Although the prior dual chamber blasting media machines are steps in the right direction the need for additional improvements still remains. The present invention satisfies this need in a novel and unobvious way.

One form of the present invention contemplates a blasting media apparatus. The apparatus introduces blasting media into a fluid stream for delivery to a surface, comprising: a mechanical housing for the receipt of blasting media therein, a portion of the housing being open to ambient conditions; and a plurality of gravity fed plural chambered blasting pots coupled to the mechanical housing, the plurality of blasting pots receiving blasting media from the housing and releasing the blasting media into the fluid stream

One object of the present invention is to provide an improved blasting media machine.

Related objects and advantages of the present invention will be apparent from the following description.

FIG. 1 is an illustrative sectional view taken at a typical blast pot location of one embodiment of the blasting media apparatus of the present invention

FIG. 2 is a top plan view of one embodiment of the blasting media apparatus of the present invention.

FIG. 3a is a partial enlarged view of the blasting media flow control valve comprising a portion of the FIG. 1 blasting media apparatus in a closed position.

FIG. 3b is a partial enlarged view of the blasting media flow control valve comprising a portion of the FIG. 1 blasting media apparatus in an open position.

FIG. 4 is a sectional view of the blasting pot comprising a portion of the FIG. 1 blasting media apparatus.

FIG. 5a is a rear elevational view of the blasting pot comprising a portion of the FIG. 1 blasting media apparatus.

FIG. 5b is a top plan view of the FIG. 5a blasting pot.

FIG. 6a is a side elevational view in section of the blasting pot comprising a portion of the FIG. 1 blasting media apparatus, the blasting pot having a pair of auxiliary actuated valves therein disposed in an open position.

FIG. 6b is a side elevational view in section of the blasting pot comprising a portion of the FIG. 1 blasting media apparatus, the blasting pot having a pair of auxiliary actuated valves therein with the upper valve in a closed position and the lower valve in an open position.

FIG. 6c is a side elevational view in section of the blasting pot comprising a portion of the FIG. 1 blasting media apparatus, the blasting pot having a pair of auxiliary actuated valves therein disposed in a closed position.

FIG. 6d is a side elevational view in section of the blasting pot comprising a portion of the FIG. 1 blasting media apparatus, the blasting pot having the upper valve in an open position and the lower valve in a closed position.

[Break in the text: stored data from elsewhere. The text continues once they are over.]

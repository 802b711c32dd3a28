ghost use Rattle.std.specs.Prelude.{◌≡◌, ◌≢◌, ◌≤◌, ◌↔◌, ◌⊎◌, IsTrue, ℕ, List, length, Some, None};
ghost use Rattle.xa_outside.specs.Causes.{Rose};
ghost use Rattle.xa_outside.specs.Folder.{Files};
ghost use Rattle.xarch_words.specs.Commands.{batch, command_of};
ghost use Rattle.xarch_words.specs.View.{words_view};
ghost use Rattle.xarch_words.specs.declared.limits.TheConstants.{BATCH};
ghost use Rattle.xarch_parts.specs.Folders.{IsTold};
ghost use Rattle.xarch_run.specs.Batch.{BatchEnds, IsAnswer, ReadsAsSaid, shown};
ghost use Rattle.xarch_run.specs.Calls.{DidCommands, call_of};
ghost use Rattle.xarch_run.specs.StepTaken.{StepTaken};

use crate::batch::run_batch;
use crate::step::take_step;
use std::alloc::Global;
use xa_outside::{Folder, Sink, Source};
use xarch_words::{Command, read_words};

/// Does what the words of a command line say, and answers the status.
///
/// The words are those after the program's name. A batch takes its commands from the lines of
/// `input`, which no other command reads. Every fault writes one line to `err`; a failure of `err`
/// changes no status. Input files are read directly before the first step that judges their bytes:
/// whole, but the archives of `add`, `check`, `cut`, `join` and `stats`, which are read record by
/// record, those of `get`, `history` and `log`, of which only what their searches look at and a
/// `log`'s leaf is read, and that of `versions`, of which its header and its notes are read.
pub fn run<F: Folder, S: Source, O: Sink, E: Sink>(
    alloc: Global,
    words: &[String],
    folder: &mut F,
    input: &mut S,
    out: &mut O,
    err: &mut E,
) -> u8
    // Words that are no batch: one command is done, or refused.
    ensures step { command_of (words_view words.now) ≢ Some batch
        → StepTaken F.files F.draft F.numbers F.faults O.taken O.faults E.taken E.faults
        (words_view words.now) folder.old folder.new out.old out.new err.old err.new result }
    ensures input { command_of (words_view words.now) ≢ Some batch
        → S.rest input.new ≡ S.rest input.old }

    // What a batch does where the input is told: its lines are run in order, each as a command of
    // its own, up to the end that the answer names. Where files are told, each is run from the
    // files that the one before left.
    ensures batch { (bytes : List ℕ) → command_of (words_view words.now) ≡ Some batch
        → S.rest input.old ≡ Some bytes
        → BatchEnds (shown F.files O.taken E.taken E.faults folder.old folder.new
        out.old out.new err.old err.new) bytes (S.rest input.new) result }

    // Where nothing fails, a batch whose input is not too long runs all of its lines. That what
    // should succeed among them does is clause `should` of `archives_hold_what_was_handed_in`.
    ensures batch_complete { (bytes : List ℕ) → command_of (words_view words.now) ≡ Some batch
        → S.rest input.old ≡ Some bytes → length bytes ≤ BATCH
        → ¬ Rose (F.faults folder.old) (F.faults folder.new)
        → ¬ Rose (S.faults input.old) (S.faults input.new)
        → ¬ Rose (O.faults out.old) (O.faults out.new) → (result ≡ 0) ⊎ (result ≡ 16) }
    ensures batch_answer { command_of (words_view words.now) ≡ Some batch
        → IsAnswer (F.faults folder.old) (F.faults folder.new) (S.faults input.old)
        (S.faults input.new) (O.faults out.old) (O.faults out.new) result }
    ensures batch_reads { (bytes : List ℕ) → command_of (words_view words.now) ≡ Some batch
        → S.rest input.old ≡ Some bytes → ReadsAsSaid bytes (S.rest input.new) result }

    // What any call does where files are told, before and now: some commands, in order, each from
    // the files that the one before left. What they come to is said by
    // `archives_hold_what_was_handed_in`.
    ensures did { (before now : Files) (bytes : List ℕ)
        → F.files folder.old ≡ Some before → F.files folder.new ≡ Some now
        → (command_of (words_view words.now) ≡ Some batch → S.rest input.old ≡ Some bytes)
        → DidCommands before (call_of (words_view words.now) bytes result) now }

    // When a fault comes, whatever is told.
    ensures usage { (result ≡ 2) ↔ (command_of (words_view words.now) ≡ None) }
    ensures folder_fault { result ≡ 13 → Rose (F.faults folder.old) (F.faults folder.new) }
    ensures out_fault { result ≡ 14 → Rose (O.faults out.old) (O.faults out.new) }
    ensures input_fault { result ≡ 15
        → (command_of (words_view words.now) ≡ Some batch)
        × Rose (S.faults input.old) (S.faults input.new) }

    // Files and draft that are told stay told, what is not told stays untold, and no count of
    // faults falls.
    ensures told { IsTold (F.files folder.old) (F.draft folder.old)
        → IsTold (F.files folder.new) (F.draft folder.new) }
    ensures untold { F.files folder.old ≡ None → F.files folder.new ≡ None }
    ensures draft_untold { F.draft folder.old ≡ None → F.draft folder.new ≡ None }
    ensures folder_later { F.faults folder.old ≤ F.faults folder.new }
    ensures input_later { S.faults input.old ≤ S.faults input.new }
    ensures out_later { O.faults out.old ≤ O.faults out.new }
    ensures err_later { E.faults err.old ≤ E.faults err.new }
{
    if is_batch(words) {
        run_batch(alloc, folder, input, out, err)
    } else {
        take_step(alloc, words, folder, out, err)
    }
}

fn is_batch(words: &[String]) -> bool
    ensures { IsTrue result ↔ (command_of (words_view words.now) ≡ Some batch) }
{
    matches!(read_words(words), Some(Command::Batch))
}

FIG. 7 is a schematic representation of one embodiment for controlling the FIG. 1 blasting media apparatus.

For the purposes of promoting an understanding of the principles of the invention, reference will now be made to the embodiment illustrated in the drawings and specific language will be used to describe the same. It will nevertheless be understood that no limitation of the scope of the invention is thereby intended, such alterations and further modifications in the illustrated device, and such further applications of the principles of the invention as illustrated therein being contemplated as would normally occur to one skilled in the art to which the invention relates.

With reference to FIG. 1, there is illustrated a side elevational view in section of one embodiment of the blasting media apparatus 10. For the convenience of the reader the blasting media apparatus 10 has been illustrated in section at one of a plurality of blasting pots 16. It is understood that blasting media apparatuses having one or more blasting pots 16 are contemplated herein. In the preferred embodiment the blasting media apparatus 10 is coupled to a mobile apparatus 11 thereby allowing greater convenience in transporting the blasting media apparatus 10 over the public road network to job sites. The blasting media apparatus 10 can be fixedly mounted at a specific site, coupled to a delivery vehicle, coupled to a wheeled trailer, and deployed by other means that enable the blasting media apparatus 10 to be useable at job sites.

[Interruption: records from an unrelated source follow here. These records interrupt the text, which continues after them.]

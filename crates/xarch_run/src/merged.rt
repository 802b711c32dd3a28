// The file of versions that are merged in memory.
ghost use Rattle.std.specs.Prelude.{◌≡◌, ◌≢◌, ◌≤◌, ◌++◌, ℕ, List, Some, IfOk, IfErr, map, length};
ghost use Rattle.std.specs.FinMap as finite;
ghost use Rattle.xa_outside.specs.Folder.{Files};
ghost use Rattle.key_spec.specs.View.{spec_view};
ghost use Rattle.keyed_tree.specs.View.{keyed_view};
ghost use Rattle.record_format.specs.Files.{FileOf};
ghost use Rattle.archive_file.specs.Faults.{IfTooLong};
ghost use Rattle.archive_file.specs.KeyedBy.{AreKeyedBy};
ghost use Rattle.archive_file.specs.declared.fault.EncodeFault.TheVariants.{TooLong};
ghost use Rattle.version_notes.specs.Notes.{notes_part};
ghost use Rattle.xarch_parts.specs.Archives.{ArchiveIs};
ghost use Rattle.record_parts.specs.declared.limits.TheConstants.{MOST_VERSIONS};

use archive_file::{EncodeFault, encode_file, keyed_versions_can_be_merged};
use archive_tree::archives_stand_for_one_list;
use key_spec::Spec;
use keyed_tree::Keyed;
use nested_merge::merge_all;
use record_format::versions_have_one_file;
use std::alloc::Global;

/// The archive file of some versions under the specification that keys them. All of them are
/// merged, one after another from the empty archive, and what this gives is encoded.
///
/// The commands never call it: they go from file to file, a version at a time. Clause `held` says
/// that what they leave has these bytes all the same. It holds the whole archive and its file in
/// memory.
pub fn file_of_versions(
    alloc: Global,
    spec: &Spec,
    versions: &[Keyed],
) -> Result<Vec<u8>, EncodeFault>
    requires few { length versions.now ≤ MOST_VERSIONS }
    requires keyed { AreKeyedBy (spec_view spec.now) (map keyed_view versions.now) }
    ensures file { IfOk result
        (λ v. FileOf (spec_view spec.now) (map keyed_view versions.now) v.items) }
    ensures too_long { IfErr result
        (λ e. IfTooLong e ((bytes : List ℕ)
        → ¬ FileOf (spec_view spec.now) (map keyed_view versions.now) bytes)) }

    // In any folder, the file of an archive of these versions and some notes has exactly these bytes,
    // and behind them those of the notes.
    ensures held { (files : Files) (name : List ℕ) (notes : List (List ℕ))
        → ArchiveIs files name (record {
          rules = spec_view spec.now;
          versions = map keyed_view versions.now;
          notes = notes;
        })
        → IfOk result (λ v. finite.get files name ≡ Some (v.items ++ notes_part notes)) }

    // Where a folder has such an archive, the answer is never TooLong.
    ensures fits { (files : Files) (name : List ℕ) (notes : List (List ℕ))
        → ArchiveIs files name (record {
          rules = spec_view spec.now;
          versions = map keyed_view versions.now;
          notes = notes;
        })
        → IfErr result (λ e. e ≢ TooLong) }
{
    // Laws: for the proof of `held`, and for what the two calls require.
    versions_have_one_file();
    archives_stand_for_one_list();
    keyed_versions_can_be_merged();
    let archive = merge_all(alloc, versions)?;
    encode_file(alloc, spec, &archive)
}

In the preferred embodiment the pressurizable dual chamber blasting pot 16 is coupled to a mechanical housing 17; the mechanical housing 17 being a substantially rigid structure having a top portion 17a at substantially atmospheric pressure. The mechanical housing 17 is designed and constructed to receive a substantial quantity of blasting media therein. The selection of the appropriate blasting media for a specific job is dependent upon the surface characteristics desired of the item being conditioned. Blasting media includes but is not limited to the following; sand, steel shot, steel grit and other abrasive material.

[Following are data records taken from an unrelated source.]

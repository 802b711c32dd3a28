//! The program as one call: what the words of a command line have it do.
#![tactic(auto)]

mod answers;
mod batch;
mod feed;
mod front;
mod laws;
mod line;
mod lines;
mod merged;
mod program;
mod step;
mod stop;
mod turn;
mod words;

pub use answers::say;
pub use laws::{
    archives_hold_what_was_handed_in, statuses_tell_faults, tables_make_documents_by_their_keys,
};
pub use merged::file_of_versions;
pub use program::run;
pub use step::take_step;
pub use xarch_words::{Command, Fault, Quantity, read_words, status, write_fault};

In the preferred embodiment the mechanical housing 17 includes a plurality of sloped sides 18 for funneling the blasting media to the blasting pots 16. Further, the mechanical housing 17 includes a plurality of ribs and supporting structures to add additional physical strength thereto. In the preferred embodiment a blasting media flow control valve 15 is coupled to an upper supporting member 19 and a lower supporting member 20. The blasting media flow control valve 15 being actuated by a pneumatic cylinder 22 that is coupled to the valve 15 through a connecting rod 23. The blasting media flow control valve 15 is for controlling the passage of blasting media from the mechanical housing 17 into the blasting pot 16. More particularly, the blasting media flow control valve 15 being an active device for disabling the flow of media. Further, blasting media flow control valve 15 minimizes and/or eliminates the flow of blasting media to a specific blast pot 16 without having to close the blast pot's fluid tight seal.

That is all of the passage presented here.